In this article, we take a look at the 15 least developed countries in Latin America. You can skip our detailed analysis of the Central and South American economic outlook and go directly to the 5 Least Developed Countries in Latin America.
Latin America comprises South and Central America. It is an economically maturing region with varying levels of development in different countries.
Economic Problems in Latin America
The region suffers from structural economic problems that have kept economic growth low in the region despite high potential. For instance, informality is a huge problem with economies in Central and South America. In fact, it’s so pervasive that 60% of the workers in the region work in the informal economy, as noted by the World Economic Forum.
Informal companies tend to remain small and less productive relative to their formal counterparts. This comes down to informal companies’ lack of access to formal credit markets and investment capital, and limited access to formal contract enforcement mechanisms among other factors.
Other issues include limited diversification of the economies, inefficient provision of credit and reliance on commodity exports, as well as poor state of infrastructure. All in all, Latin American countries have been unable to tap their full potential and benefit from globalization as much as other regions like Asia have.
Deglobalization and Emerging Opportunities
Deglobalization is largely being driven by the ongoing decoupling between the US and the Chinese economy. It was further accelerated in the wake of the supply-chains collapse during the pandemic, with countries increasingly starting to prefer resilient supply chains even if it means more cost.

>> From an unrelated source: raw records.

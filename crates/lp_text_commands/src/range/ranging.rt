// What a model is solved to, and what its numbers are ranged by.
ghost use Rattle.std.specs.Prelude.{◌≡◌, ◌<◌, List, IfOk, Some};
ghost use Rattle.spec_exact.specs.Narrow.{number_limit};
ghost use Rattle.spec_exact.specs.Run.{refused_as};
ghost use Rattle.spec_model.specs.Kept.{IsUsual};
ghost use Rattle.spec_pivot.specs.declared.status.Status.{Status as exact_status};
ghost use Rattle.spec_simplex.specs.declared.ends.StartStop.TheVariants as stops;
ghost use Rattle.spec_simplex.specs.Form.{Form as exact_form, form_of};
ghost use Rattle.spec_range.specs.Span.{Keeps};
ghost use Rattle.spec_commands.specs.RangeOut as ranges;
ghost use Rattle.lp_range.specs.Answer.{IsFrom};
ghost use Rattle.lp_text_commands.specs.RangeEnds.{IsRanged, IsRangingFrom, IsRangingOf, KeepsAtEnd, count_by};

use lp_check::Known;
use lp_form::{Basis, form};
use lp_frac::{Past, Stop};
use lp_model::Model;
use lp_range::{Range, Ranging};
use lp_solve::{End, OPENING_BUDGET, solve};
use spec_program::Moved;
use std::alloc::{AllocError, Global};

/// What a solve ended with, and what the numbers of the model are ranged by, behind an optimum of a model with a form.
#[derive(Drop)]
pub(crate) struct Ranged {
    pub end: End,
    pub ranging: Option<Ranging>,
}

/// Solves the model cold, and prepares the ranges of its numbers at the basis of an optimum, if the model has a form.
pub(crate) fn solve_ranging(alloc: Global, model: &Model) -> Result<Ranged, AllocError>
    requires { IsUsual model.now }
    ensures { IfOk result (IsRanged model.now) }
{
    let (end, _) = solve(alloc, model, OPENING_BUDGET, None)?;
    match ranging_behind(alloc, model, &end) {
        Ok(ranging) => Ok(Ranged { end, ranging }),
        Err(AllocError) => {
            drop(end);
            Err(AllocError)
        }
    }
}

// What numbers are ranged by at the basis of an optimum; none at another end, or where the model has no form.
fn ranging_behind(alloc: Global, model: &Model, end: &End) -> Result<Option<Ranging>, AllocError>
    requires usual { IsUsual model.now }
    requires keeps { KeepsAtEnd model.now end.now }
    ensures { IfOk result (IsRangingOf model.now end.now) }
{
    match end {
        End::Ended {
            answer: Known::Optimal(_),
            basis: Some(basis),
            ..
        } => ranging_from(alloc, model, basis),
        End::Ended { .. } | End::Past(_) | End::Spent => Ok(None),
    }
}

// What numbers are ranged by at a basis of the model; none where the model has no form.
fn ranging_from(alloc: Global, model: &Model, basis: &Basis) -> Result<Option<Ranging>, AllocError>
    requires usual { IsUsual model.now }
    requires keeps { Keeps model.now basis.now }
    ensures { IfOk result (IsRangingFrom model.now basis.now (form_of (Some number_limit) model.now)) }
{
    match form(alloc, model) {
        Ok(form) => {
            let ranging = Ranging::new(alloc, &form, basis);
            drop(form);
            Ok(Some(ranging?))
        }
        Err(Stop::Cause(_) | Stop::Past(_)) => Ok(None),
        Err(Stop::NoMemory) => Err(AllocError),
    }
}

/// The range of the cost of column `at`, or of the right side of row `at`. Refused where an operation is past 127 bits.
pub(crate) fn range_of(
    ranging: &Ranging,
    model: &Model,
    moved: Moved,
    at: u32,
) -> Result<Range, Past>
    requires inside { at < count_by moved model.now }
    requires from { (f : exact_form) × (basis : List exact_status) × IsFrom model.now f basis ranging.now }
    ensures { (f : exact_form) (basis : List exact_status) → IsFrom model.now f basis ranging.now →
        ranges.range_of moved (Some number_limit) model.now f basis at ≡ refused_as stops.Past result }
{
    match moved {
        Moved::Cost => ranging.cost(model, at),
        Moved::RightSide => ranging.side(model, at),
    }
}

In this regard, the US is increasingly moving its supply chains to Latin America, especially Mexico. Even before the pandemic, the US was in the process of shifting its supply chains from China as part of the trade war. The Chinese exports to the US dropped by 17% in 2019, as the US shifted some of its outsourcing to other countries, with Mexico gaining 16% from China’s lost share, bringing Mexico’s total share in the overall US imports to 15%, the highest after China.

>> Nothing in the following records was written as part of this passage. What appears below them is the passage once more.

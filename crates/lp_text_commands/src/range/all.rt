// The command `range all`: it solves the model, and writes what that ended with and the range of each of its numbers.
ghost use Rattle.std.specs.Prelude.{◌≡◌, ◌≤◌, ◌<◌, ◌++◌, List, OnOk, Ok, refl};
ghost use Rattle.spec_model.specs.Kept.{IsUsualModel};
ghost use Rattle.spec_pivot.specs.declared.status.Status.{Status as exact_status};
ghost use Rattle.spec_simplex.specs.Form.{Form as exact_form};
ghost use Rattle.spec_runs.specs.Solve.{solve_end};
ghost use Rattle.spec_commands.specs.RangesOut as ranges;
ghost use Rattle.lp_range.specs.Answer.{IsFrom};
ghost use Rattle.lp_text_commands.specs.RangeEnds.{IsRanged, count_by};

use crate::command::Command;
use crate::range::lines::print_range;
use crate::range::ranging::{Ranged, range_of, solve_ranging};
use crate::solve::print_answer;
use crate::words::print_named;
use lp_base::Bytes;
use lp_model::Model;
use lp_range::Ranging;
use spec_program::Moved;
use std::alloc::{AllocError, Global};

/// Ranges each cost and each right side of the model.
#[derive(Drop)]
pub(crate) struct RangeAll;

impl Command for RangeAll {
    type Given = Model;

    type Outcome = Ranged;

    ghost takes = { λ _ m. IsUsualModel m };

    ghost may_make = { λ _ m ranged. IsRanged m ranged };

    ghost lines = { λ _ m ranged. ranges.ranges_lines m ranged.end };

    ghost may_write = { λ _ m. ranges.RangesOut (Ok m) };

    ghost is_written = { λ _ m ranged is. (solve_end (ranged.end, is.solved.0), is.solved.1, refl) };

    // Solves the model cold, and prepares the ranges of its numbers at the basis of an optimum, if the model has a
    // form.
    fn run(&self, alloc: Global, model: &Model) -> Result<Ranged, AllocError> {
        solve_ranging(alloc, model)
    }

    // Appends the answer; and where ranges were prepared, a line for each cost and right side: its range, or the
    // operation past the limit that keeps it from being known.
    fn write(
        &self,
        alloc: Global,
        model: &Model,
        ranged: &Ranged,
        to: &mut Bytes,
    ) -> Result<(), AllocError> {
        print_answer(alloc, &ranged.end, to)?;
        match &ranged.ranging {
            Some(ranging) => print_all(alloc, ranging, model, to),
            None => Ok(()),
        }
    }
}

// Appends the lines of the ranges of all costs, and then those of all right sides.
fn print_all(
    alloc: Global,
    ranging: &Ranging,
    model: &Model,
    to: &mut Bytes,
) -> Result<(), AllocError>
    requires { (f : exact_form) × (basis : List exact_status) × IsFrom model.now f basis ranging.now }
    ensures { OnOk result ((f : exact_form) (basis : List exact_status) → IsFrom model.now f basis ranging.now →
        to.new ≡ to.old ++ ranges.ranges_from model.now basis (Ok f)) }
{
    print_numbers(alloc, ranging, model, Moved::Cost, model.cols(), to)?;
    print_numbers(alloc, ranging, model, Moved::RightSide, model.rows(), to)
}

// Appends the lines of the ranges of the first `count` columns' costs, or rows' right sides.
fn print_numbers(
    alloc: Global,
    ranging: &Ranging,
    model: &Model,
    moved: Moved,
    count: u32,
    to: &mut Bytes,
) -> Result<(), AllocError>
    requires inside { count ≤ count_by moved model.now }
    requires from { (f : exact_form) × (basis : List exact_status) × IsFrom model.now f basis ranging.now }
    ensures { OnOk result ((f : exact_form) (basis : List exact_status) → IsFrom model.now f basis ranging.now →
        to.new ≡ to.old ++ ranges.number_lines moved model.now f basis count) }
{
    for at in 0..count {
        print_number(alloc, ranging, model, moved, at, to)?;
    }
    Ok(())
}

// Appends the line of the range of one number, the cost of a column or the right side of a row; or of the operation
// past 127 bits for which there is none.
fn print_number(
    alloc: Global,
    ranging: &Ranging,
    model: &Model,
    moved: Moved,
    at: u32,
    to: &mut Bytes,
) -> Result<(), AllocError>
    requires inside { at < count_by moved model.now }
    requires from { (f : exact_form) × (basis : List exact_status) × IsFrom model.now f basis ranging.now }
    ensures { OnOk result ((f : exact_form) (basis : List exact_status) → IsFrom model.now f basis ranging.now →
        to.new ≡ to.old ++ ranges.number_line moved model.now f basis at) }
{
    print_words(model, moved, at, to)?;
    print_range(alloc, range_of(ranging, model, moved, at), to)
}

// Appends the words for the number whose range follows, `cost` or `rhs` and its name, as a command line for this range
// alone has them, and a space.
fn print_words(model: &Model, moved: Moved, at: u32, to: &mut Bytes) -> Result<(), AllocError>
    requires { at < count_by moved model.now }
    ensures { OnOk result
        (to.new ≡ to.old ++ ranges.number_words moved (ranges.name_by moved model.now at)) }
{
    match moved {
        Moved::Cost => print_named(b"cost ", model.col(at).name.as_slice(), to),
        Moved::RightSide => print_named(b"rhs ", model.row(at).name.as_slice(), to),
    }
}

Another indicator that shows pre-pandemic pressures to shift outsourcing from China to Mexico is the labor cost. Wages in China superseded Mexican wages during 2014-2015, as noted by professor of International Affairs, Dr. Noel Maurer.
Latin America offers other reinforcing advantages as well, as the US moves ahead with the Executive Order 14057 – an initiative to transition to electric vehicles (EVs) by 2035 – which is set to exponentially increase the demand for electric vehicles.
In this regard, Argentina, Bolivia and Chile – the ‘lithium triangle’- are sitting over half of the global lithium reserves, a critical ingredient for EV batteries. All these trends show a great outlook for Latin American economies in the coming years. However, problems with infrastructure and limited market reforms in these countries can prove to be challenging to overcome.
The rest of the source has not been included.